Ryuk ha afectado en los últimos meses a varias empresas españolas. No ha sido tan mediático como WannaCry, que en marzo de 2017 puso en señal de alerta a Microsoft y en mayo del mismo año afectó a Telefónica. Este ransomware ha sido el protagonista del último tercio del año en este país, después de que haya formado una solvente dupla con el troyano Emotet.

Emotet, antiguo troyano bancario, se encarga de distribuir el ransomware accediendo e infectando terminales. La fórmula empleada más habitual es la de un correo electrónico con phising, es decir, con un cebo falso con el que la víctima piensa que está accediendo a una página o descargando un archivo legítimo: por ejemplo, una factura o un currículum del correo.

Leer más: Los ataques de phishing son omnipresentes: casi todas las empresas se están viendo afectadas por esta ciberamenaza

En realidad se trata de un fichero infectado que al abrirse desencadena una serie de procesos por el cual se acaba instalando el ransomware en el PC.

La prueba de que Emotet ha vuelto a su actividad es que en septiembre se detectó un incremento del 730% de su incidencia, según revelaba Markets Insider en un reciente artículo.

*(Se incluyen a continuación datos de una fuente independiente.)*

// What is around the parts of a node. (ECMA-262, 10.2.1, 10.2.2, 10.2.11, 14.7, 15.7.10.)

ghost use Rattle.std.specs.Prelude.{◌≡◌, ◌&&◌, cond, nat_eq, not, true};
ghost use Rattle.std.specs.Str.{chars};
ghost use Rattle.es_base.specs.Tree.{child, end, more, nullable};
ghost use Rattle.es_base.specs.declared.kind.Kind.{Kind};
ghost use Rattle.es_node.specs.View.{kind_of, number_in, part_of, parts_in, parts_of};
ghost use Rattle.es_steps.specs.Context as context;
ghost use Rattle.es_steps.specs.Parts.{at, is_true, items};
ghost use Rattle.es_steps.specs.PrivateNames as privates;
ghost use Rattle.es_steps.specs.Repeated as spec;
ghost use Rattle.es_places.specs.Placing.{is_field, surroundings_of, surroundings_within};

use es_base::kind::Kind;
use es_base::ledger::GeneratedKind;
use es_binding_faults::hoisted::{is_var, part_at};
use es_binding_faults::vars::takes_vars;
use es_generated::ledger::Ledger;
use es_generated::numbers::is_new;
use es_node::node::{Node, Part};
use es_seen_names::parts::{is_true_at, name_at};
use es_shapes::late_class::has_pattern;
use es_shapes::walk::is_any_function;
use es_tree::class::MethodDefinitionRef;
use es_validity::class::is_constructor;
use es_validity::jumps::is_loop;

/// What is around a part.
#[derive(Debug, Clone, Copy)]
pub struct Surroundings {
    /// The nearest function or loop, the class whose construction it is, or the first parameter.
    pub place: u32,
    /// Where a `var` here is hoisted to.
    pub hoisted: u32,
    /// Whether an identifier here is one of a `var`.
    pub in_var: bool,
    /// The nearest class whose body is around.
    pub class: u32,
    /// The class whose construction a function here belongs to.
    pub constructs: Option<u32>,
}

/// What is around a program.
#[tactic(auto, using(crate::proofs::Placed::number_of_node))]
pub fn around_program(program: &Node) -> Surroundings
    ensures { surroundings_of result ≡ spec.around_program program.now }
{
    let number = program.node_id().0;
    Surroundings {
        place: number,
        hoisted: number,
        in_var: false,
        class: number,
        constructs: None,
    }
}

/// What is around the i-th part of a node that stands so. Nodes from the number `first` on are new.
pub fn surroundings_in(
    first: u32,
    ledger: &Ledger,
    around: Surroundings,
    node: &Node,
    i: usize,
) -> Surroundings
    ensures { surroundings_of result ≡ surroundings_within first ledger.now (surroundings_of around) node.now i }
{
    Surroundings {
        place: place_in(first, around, node, i),
        hoisted: hoisted_in(first, around, node, i),
        in_var: is_in_var(around.in_var, node),
        class: class_around(around.class, node, i),
        constructs: constructs_at(ledger, around.class, node, i),
    }
}

// ---- kinds

fn is_field(kind: Kind) -> bool
    ensures { result ≡ is_field kind }
{
    matches!(kind, Kind::PropertyDefinition)
}

pub fn is_class(kind: Kind) -> bool
    ensures { result ≡ privates.is_class kind }
{
    matches!(kind, Kind::ClassDeclaration | Kind::ClassExpression)
}

// ---- the place

/// Where the i-th part of a node stands.
#[tactic(auto, using(crate::proofs::Placed::place_by_kind))]
fn place_in(first: u32, around: Surroundings, node: &Node, i: usize) -> u32
    ensures { result ≡ spec.place_in first (surroundings_of around) (kind_of node.now) (number_in node.now) (parts_in node.now) i }
{
    let kind = node.kind();
    if is_field(kind) {
        field_place(around, node.parts(), i)
    } else if is_any_function(kind) {
        let number = node.node_id().0;
        let place = function_place(
            is_new(first, number),
            around.constructs,
            number,
            around.place,
        );
        parameters_place(is_parameters_part(kind, i), node.parts(), i, place)
    } else if is_loop(kind) {
        loop_place(node, i, around.place)
    } else {
        around.place
    }
}

/// The value of a field that is not static is evaluated in each construction of its class.
fn field_place(around: Surroundings, parts: &[Part], i: usize) -> u32
    ensures { result ≡ cond (nat_eq i 1 && not (is_true (at 3 (parts_of parts.now)))) around.class around.place }
{
    if i == 1 && !is_true_at(parts, 3) {
        around.class
    } else {
        around.place
    }
}

fn function_place(is_new: bool, constructs: Option<u32>, number: u32, place: u32) -> u32
    ensures { result ≡ spec.function_place is_new constructs number place }
{
    match constructs {
        Some(class) => class,
        None => { if is_new { place } else { number } }
    }
}

fn is_parameters_part(kind: Kind, i: usize) -> bool
    ensures { result ≡ spec.is_parameters_part kind i }
{
    match kind {
        Kind::FunctionDeclaration | Kind::FunctionExpression => i == 1,
        Kind::ArrowFunctionExpression => i == 0,
        _ => false,
    }
}

/// Parameters that are not all identifiers are known by the number of the first.
fn parameters_place(is_parameters: bool, parts: &[Part], i: usize, place: u32) -> u32
    ensures { result ≡ spec.parameters_place is_parameters (items (at i (parts_of parts.now))) place }
{
    if !is_parameters {
        return place;
    }
    match part_at(parts, i) {
        Some(parameters) => pattern_place(parameters, place),
        None => place,
    }
}

fn pattern_place(parameters: &Part, place: u32) -> u32
    ensures { result ≡ spec.parameters_place true (items (part_of parameters.now)) place }
{
    if has_pattern(parameters) {
        first_number(parameters, place)
    } else {
        place
    }
}

#[tactic(auto, using(crate::proofs::Placed::first_child, crate::proofs::Placed::first_hole))]
fn first_number(parameters: &Part, place: u32) -> u32
    ensures { result ≡ spec.first_number (items (part_of parameters.now)) place }
{
    match parameters {
        Part::List(nodes) => match nodes.as_slice() {
            [node, ..] => node.node_id().0,
            [] => place,
        },
        Part::Holes(nodes) => match nodes.as_slice() {
            [node, ..] => number_or(node, place),
            [] => place,
        },
        _ => place,
    }
}

fn number_or(node: &Option<Node>, place: u32) -> u32
    ensures { result ≡ spec.first_number (more (nullable node.now) end) place }
{
    match node {
        Some(node) => node.node_id().0,
        None => place,
    }
}

/// Where the i-th part of a loop stands.
#[tactic(auto, using(crate::proofs::Placed::other_loop))]
fn loop_place(node: &Node, i: usize, place: u32) -> u32
    ensures { result ≡ spec.loop_place (kind_of node.now) (number_in node.now) (parts_in node.now) i place }
{
    let number = node.node_id().0;
    match node.kind() {
        // for (let i = 0; ..) {}
        Kind::ForStatement => {
            if i == 0 {
                once_place_at(node.parts(), place)
            } else {
                number
            }
        }
        // for (const key in o) {}
        Kind::ForInStatement | Kind::ForOfStatement => { if i == 1 { place } else { number } }
        _ => number,
    }
}

/// Where the first part of a `for` stands, which is evaluated once.
fn once_place_at(parts: &[Part], place: u32) -> u32
    ensures { result ≡ spec.once_place (at 0 (parts_of parts.now)) place }
{
    match part_at(parts, 0) {
        Some(Part::Child(node)) => once_place(node, place),
        _ => place,
    }
}

#[tactic(auto, using(crate::proofs::Placed::no_declaration, crate::proofs::Placed::its_declaration))]
fn once_place(node: &Node, place: u32) -> u32
    ensures { result ≡ spec.once_place (child node.now) place }
{
    match node.kind() {
        Kind::VariableDeclaration => node.node_id().0,
        _ => place,
    }
}

// ---- what is hoisted, and the class

/// Where a `var` in the i-th part of a node is hoisted to.
fn hoisted_in(first: u32, around: Surroundings, node: &Node, i: usize) -> u32
    ensures { result ≡ spec.hoisted_in first (surroundings_of around) (kind_of node.now) (number_in node.now) (parts_in node.now) i }
{
    if takes_vars(node.kind()) {
        place_in(first, around, node, i)
    } else {
        around.hoisted
    }
}

/// The nearest class whose body is around the i-th part of a node in this class.
fn class_around(class: u32, node: &Node, i: usize) -> u32
    ensures { result ≡ cond (privates.is_class (kind_of node.now) && nat_eq i 2) (number_in node.now) class }
{
    if is_class(node.kind()) && i == 2 {
        node.node_id().0
    } else {
        class
    }
}

// ---- `var`

/// Whether an identifier in a node is one of a `var`, where it is or is not around the node.
#[tactic(auto, using(crate::proofs::Placed::no_variables))]
fn is_in_var(in_var: bool, node: &Node) -> bool
    ensures { result ≡ spec.in_var_at in_var (kind_of node.now) (parts_in node.now) }
{
    let kind = node.kind();
    match kind {
        Kind::VariableDeclaration => is_var(node.parts()),
        _ => in_var && !(is_any_function(kind) || is_class(kind)),
    }
}

// ---- constructions

/// The class whose construction a function belongs to that is the i-th part: this class for a constructor, and that of a `super`
/// function for what its generated name is given.
#[tactic(auto, using(crate::proofs::Placed::no_construction))]
fn constructs_at(ledger: &Ledger, class: u32, node: &Node, i: usize) -> Option<u32>
    ensures { result ≡ spec.constructs_at ledger.now class (kind_of node.now) (parts_in node.now) i }
{
    match node.kind() {
        // class A { constructor() {} }
        Kind::MethodDefinition => {
            if i == 1 && is_constructor(MethodDefinitionRef::from_node(node).kind) {
                Some(class)
            } else {
                None
            }
        }
        // _super = () => {}
        Kind::AssignmentExpression => {
            if i == 2 {
                super_function(name_at(node.parts(), 1), ledger)
            } else {
                None
            }
        }
        Kind::VariableDeclarator => {
            if i == 1 {
                super_function(name_at(node.parts(), 0), ledger)
            } else {
                None
            }
        }
        _ => None,
    }
}

/// The class of a `super` function of this name.
fn super_function(name: &str, ledger: &Ledger) -> Option<u32>
    ensures { result ≡ spec.super_function (context.generated_as (chars name.now) ledger.now) }
{
    match ledger.generated_as(name) {
        Some(GeneratedKind::SuperFn(class)) => Some(class.0),
        _ => None,
    }
}
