/// Does what the words say. `replay` reads a script from the source to its end, replays it over the directory, and writes the
/// transcript; `check` writes what opening the store would find.
///
/// The order is the words, reading, the size, the script, opening, the run, writing, and then what the events say; memory may be
/// wanting at any place.
pub fn plain<S: Source, K: Sink, D: Dir>(
    alloc: Global,
    words: &Seq<Seq<u8>>,
    source: &mut S,
    sink: &mut K,
    dir: D,
) -> Ended<D>
    ensures status { result.status ≡ status_of result.ending }

    // Status 1 comes exactly where the words are none that the call knows.
    ensures bad_words { result.ending ≡ Ending.BadWords → ¬ HaveForm words.now }
    ensures form { (result.ending ≡ Ending.BadWords) ⊎ HaveForm words.now }

    // A replay alone reads: to the end or one byte past the limit, and no further. A failed read is counted, and only there status 4 comes.
    ensures unread { words.now ≢ replay_words → source.new ≡ source.old }
    ensures read { TakesAtMost (S.remaining source.old) (S.remaining source.new) (max_input + 1) }
    ensures rest { words.now ≡ replay_words → is_read_whole result.ending ≡ true → IfSome (S.remaining source.old) (λ bytes. S.remaining source.new ≡ Some (drop (max_input + 1) bytes)) }
    ensures read_fault { CountsWhere (is_read_fault result.ending) (S.faults source.old) (S.faults source.new) }

    // The bytes decide between a script, its refusal and too many of them: status 2 with its refusal and 7 come exactly there, where no read failed and memory wasn't wanting.
    ensures exact { words.now ≡ replay_words → IfSome (S.remaining source.old) (λ bytes. MayEnd (ending_for bytes) result.ending) }

    // With status 0, 3 and 9 a replay wrote the text of its transcript, with 5 and 6 a front of it; without a transcript it wrote nothing.
    ensures written { words.now ≡ replay_words → is_whole result.ending ≡ true → IfSome result.transcript (λ transcript. Appends (K.contents sink.old) (K.contents sink.new) (transcript_text transcript)) }
    ensures front { words.now ≡ replay_words → is_whole result.ending ≡ false → IfSome result.transcript (λ transcript. WritesFront (K.contents sink.old) (K.contents sink.new) (transcript_text transcript)) }
    ensures nothing { words.now ≢ check_words → result.transcript ≡ None → K.contents sink.new ≡ K.contents sink.old }
    ensures silent { is_silent result.ending ≡ true → K.contents sink.new ≡ K.contents sink.old }
    ensures write_fault { CountsWhere (is_write_fault result.ending) (K.faults sink.old) (K.faults sink.new) }

    // Over a directory that tells its moves, the transcript is that of a replay of the script that the source held, over what opening finds there.
    ensures replayed { IfSome (D.state dir).moves (λ moves. IfSome result.transcript (λ transcript. OfInput (S.remaining source.old) (λ bytes. IsReplayOf bytes moves transcript))) }
    // That replay leaves its moves: so whatever a stop leaves at a moment of the call is the units after some of its publications, as `IsLeft` says.
    ensures left { IfSome (D.state dir).moves (λ before. IfSome result.transcript (λ transcript. OfInput (S.remaining source.old) (λ bytes. Leaves bytes before transcript (D.state result.dir).moves))) }
    ensures sound { IfSome (D.state dir).moves (λ moves. result.ending ≢ Ending.StoreDamaged) }

    // There is a transcript exactly where lanes ran to their end. The events of one that was written whole decide between status 0, 3 and 9.
    ensures ran { words.now ≡ replay_words → MayRun result.ending (is_some result.transcript) }
    ensures no_lanes { words.now ≢ replay_words → result.transcript ≡ None }
    ensures told { words.now ≡ replay_words → is_whole result.ending ≡ true → IfSome result.transcript (λ transcript. result.ending ≡ of_replay (after_events transcript.events)) }
    ensures failures { IfSome result.transcript (λ transcript. RoseBy (failures transcript.events) (D.state dir).faults (D.state result.dir).faults) }

    // Status 8 comes only where the directory counted one more fault.
    ensures open_fault { result.ending ≡ Ending.OpenFault → (D.state result.dir).faults ≡ counted (D.state dir).faults }

    // A check ends with status 0, 5, 6 or 8. It writes the text of what opening would find, whole with status 0, and a front of it with 5; with 6 that or nothing.
    ensures check_ends { words.now ≡ check_words → MayCheck result.ending }
    ensures checked { words.now ≡ check_words → result.ending ≡ Ending.Done → IfSome (D.state dir).moves (λ moves. Appends (K.contents sink.old) (K.contents sink.new) (check_text (opening_of sha_name (standing moves)))) }
    ensures check_untold { words.now ≡ check_words → result.ending ≡ Ending.Done → (units : Files) × (records : Files) × Appends (K.contents sink.old) (K.contents sink.new) (check_text (opening sha_name units records)) }
    ensures check_part { words.now ≡ check_words → result.ending ≡ Ending.WriteFault → IfSome (D.state dir).moves (λ moves. AppendsPart (K.contents sink.old) (K.contents sink.new) (check_text (opening_of sha_name (standing moves)))) }
    ensures check_wanting { words.now ≡ check_words → result.ending ≡ Ending.Memory → IfSome (D.state dir).moves (λ moves. (K.contents sink.new ≡ K.contents sink.old) ⊎ AppendsPart (K.contents sink.old) (K.contents sink.new) (check_text (opening_of sha_name (standing moves)))) }

    // It leaves the directory's moves as they were, whatever the status, and no more than three counts changed.
    ensures check_moves { words.now ≡ check_words → (D.state result.dir).moves ≡ (D.state dir).moves }
    ensures check_state { words.now ≡ check_words → D.state result.dir ≡ record (D.state dir) { faults = counted_where (is_open_fault result.ending) (D.state dir).faults; listings = (D.state result.dir).listings; finds = (D.state result.dir).finds } }

    // A script over a directory in which no count rose ends with status 0 or 6; over one that doesn't tell its moves with 9 besides. So does a check, with 0 or 6.
    ensures complete { words.now ≡ replay_words → IfSome (D.state dir).moves (λ moves. IfSome (S.remaining source.old) (λ bytes. ending_for bytes ≡ decided.Done
        → Stayed (S.faults source.old) (S.faults source.new) → Stayed (D.state dir).faults (D.state result.dir).faults → Stayed (K.faults sink.old) (K.faults sink.new)
        → (result.ending ≡ Ending.Done) ⊎ (result.ending ≡ Ending.Memory))) }
    ensures untold { words.now ≡ replay_words → IfSome (S.remaining source.old) (λ bytes. ending_for bytes ≡ decided.Done
        → Stayed (S.faults source.old) (S.faults source.new) → Stayed (D.state dir).faults (D.state result.dir).faults → Stayed (K.faults sink.old) (K.faults sink.new)
        → (result.ending ≡ Ending.Done) ⊎ (result.ending ≡ Ending.Memory) ⊎ (result.ending ≡ Ending.StoreDamaged)) }
    ensures check_complete { words.now ≡ check_words → Stayed (D.state dir).faults (D.state result.dir).faults → Stayed (K.faults sink.old) (K.faults sink.new) → (result.ending ≡ Ending.Done) ⊎ (result.ending ≡ Ending.Memory) }

    // With status 1, 2, 4 and 7 the directory comes back as it was. With 8 and 6 and no transcript its moves are those of an opening, or a run, that stopped, or it is as it was.
    ensures kept { is_refused result.ending ≡ true → D.state result.dir ≡ D.state dir }
    ensures opening { words.now ≡ replay_words → result.ending ≡ Ending.OpenFault → IfSome (D.state dir).moves (λ before. OfInput (S.remaining source.old) (λ bytes. StopsFor bytes before (D.state result.dir).moves)) }
    ensures wanting { words.now ≡ replay_words → result.ending ≡ Ending.Memory → result.transcript ≡ None → (D.state result.dir ≡ D.state dir) ⊎ IfSome (D.state dir).moves (λ before. OfInput (S.remaining source.old) (λ bytes. StopsFor bytes before (D.state result.dir).moves)) }
{
    match form_of(words) {
        Some(Form::Replay) => replay(alloc, source, sink, dir),
        Some(Form::Check) => checked(alloc, sink, dir),
        None => without_run(Ending::BadWords, dir),
    }
}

Emotet y Ryuk ya han afectado en España a administraciones públicas, como al Ayuntamiento de Jerez de la Frontera. La penetración de este ciberataque fue tanta que el Centro Criptológico Nacional se vio obligado a desplazar a varios técnicos que ayudasen a los funcionarios municipales a resolver el problema.

Además de Everis y la cadena Ser, semanas después, Ryuk podría haber estado detrás de múltiples ciberataques a otras grandes compañías.

Solo en las últimas semanas se han conocido, además, ciberataques del estilo a multinacionales españolas como Prosegur.